Alright. The term "motorboat" has been around for a while.
I think we've all seen the Vince Vaughn bit from Wedding Crashers.
I call it the Breast Cancer Motorboat Challenge. Basically, just copy the provisions and execution of the ALS theme --- make a donation OR take the challenge and raise awareness for the cause. Except this one's a bit more risque because of... well... the boobs.
It gives women everywhere the opportunity to show off their cleavage for a seemingly noble cause. Call me crazy, but last time I checked, there were about a trillion women looking for an excuse to flaunt their hooters. Of course, this would inflame puritanical sensibilities. That's kind of the idea because I enjoy upsetting Mormons and to a lesser extent, the Taliban.
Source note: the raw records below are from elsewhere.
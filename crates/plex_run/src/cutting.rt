//! A text in two parts: a script, and what stands behind the line that ends it.
ghost use Rattle.std.specs.Prelude.{◌≡◌, ◌==◌, ◌+◌, ◌<◌, ◌↔◌, None, IfSome, IsTrue, codes, drop, length, position};
ghost use Rattle.plex_run.specs.Cutting.{IsSplit, HasNoReport};

// The place of the first line feed.
fn feed_place(text: &[u8]) -> Option<usize>
    ensures { result ≡ position (λ b. b == 10) text.now }
{
    text.iter().position(|byte| *byte == b'\n')
}

// Whether a line is the one that ends the script.
fn is_report(line: &[u8]) -> bool
    ensures { IsTrue result ↔ (line.now ≡ codes "REPORT") }
{
    line == b"REPORT".as_slice()
}

// What stands behind the byte at this place.
#[tactic(auto, using(crate::proofs::CuttingLaws::rest_whole))]
fn behind(text: &[u8], place: usize) -> &[u8]
    requires { place < length text.now }
    ensures { result.now ≡ drop (place + 1) text.now }
{
    &text[place + 1..]
}

// What stands behind all of it.
fn nothing(text: &[u8]) -> &[u8]
    ensures { length result.now ≡ 0 }
{
    &text[text.len()..]
}

/// The script's part of a text and what stands behind the line `REPORT`, the first of exactly these
/// six bytes, if there is one.
pub(crate) fn cut(text: &[u8]) -> Option<(&[u8], &[u8])>
    ensures split { IfSome result (λ parts. IsSplit text.now parts.0.now parts.1.now) }
    ensures none { result ≡ None → HasNoReport text.now }
{
    let mut at = 0;
    let mut rest = text;
    while let Some(place) = feed_place(rest) {
        let more = behind(rest, place);
        if is_report(&rest[..place]) {
            return Some((&text[..at], more));
        }
        at += place + 1;
        rest = more;
    }
    if is_report(rest) {
        return Some((&text[..at], nothing(rest)));
    }
    None
}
The BCM Challenge offers up unexplored terrain in the realm of social media. Seems rather blase compared to the current internet issues with ISIS beheadings and Edward Snowden leaks. But just edgy enough to cause a stir.
Of course I'd be derelict if I didn't pay homage to the original motorboat.
The Motorboat Challenge definitely has the key elements. It's expedited drama. Definitely sucks you in and holds your attention. Allows for silly creativity and expansion upon the original idea (large breasted males can participate, orgy-like lines of people, small-titted wonders, ass cheek motorboating, etc.). And it even offers the idiot alpha male an easy script for hitting on hotties at the local bar. I'm trying to help raise money for breast cancer. Would you be interested in helping me out?
The downside --- it could get a little weird if younger kids and child predators get involved. But then again, I'm sure there are plenty of pervs who did the ice bucket challenge.
I also came up with an idea for a "Bark at the Moon, Kick Smoking in the Butt" challenge that involves taking pictures of yourself in the underwear of the opposite sex. You announce your resolve to quit by dropping your erogenous garment and "mooning" the audience. Then, you howl at the moon... much like Ozzy.
If you fail to cease smoking, you're "obligated" to wear the opposite underwear/panties until you rid yourself of the evil addiction. Because everyone in their right mind knows that cigarettes are a tool of satan. In essence, it's like you're shouting at the devil.
Yep, Gigi and I saw them at Starlake last Sunday. They were pretty much as bad as this 2014 clip from Grand Rapids, Michigan. Far be it from me to dispense advice, but Motley Crud could really use that little Asian imposter dude who sings for Journey. Vince Neil was easily the weakest link.
By the way, if you think the BCM Challenge has merit, feel free to read my book about a different philanthropic cause --- preventing human stampedes. This one's a little more difficult because nobody is willing to acknowledge the issue even exists. You can explain it to people, but they refuse to listen. At least with Lou Gerhig's disease and breast cancer you can actually see the problem rather than speculate and hypothesize. Americans aren't very good at using their imagination. We just like to buy shit.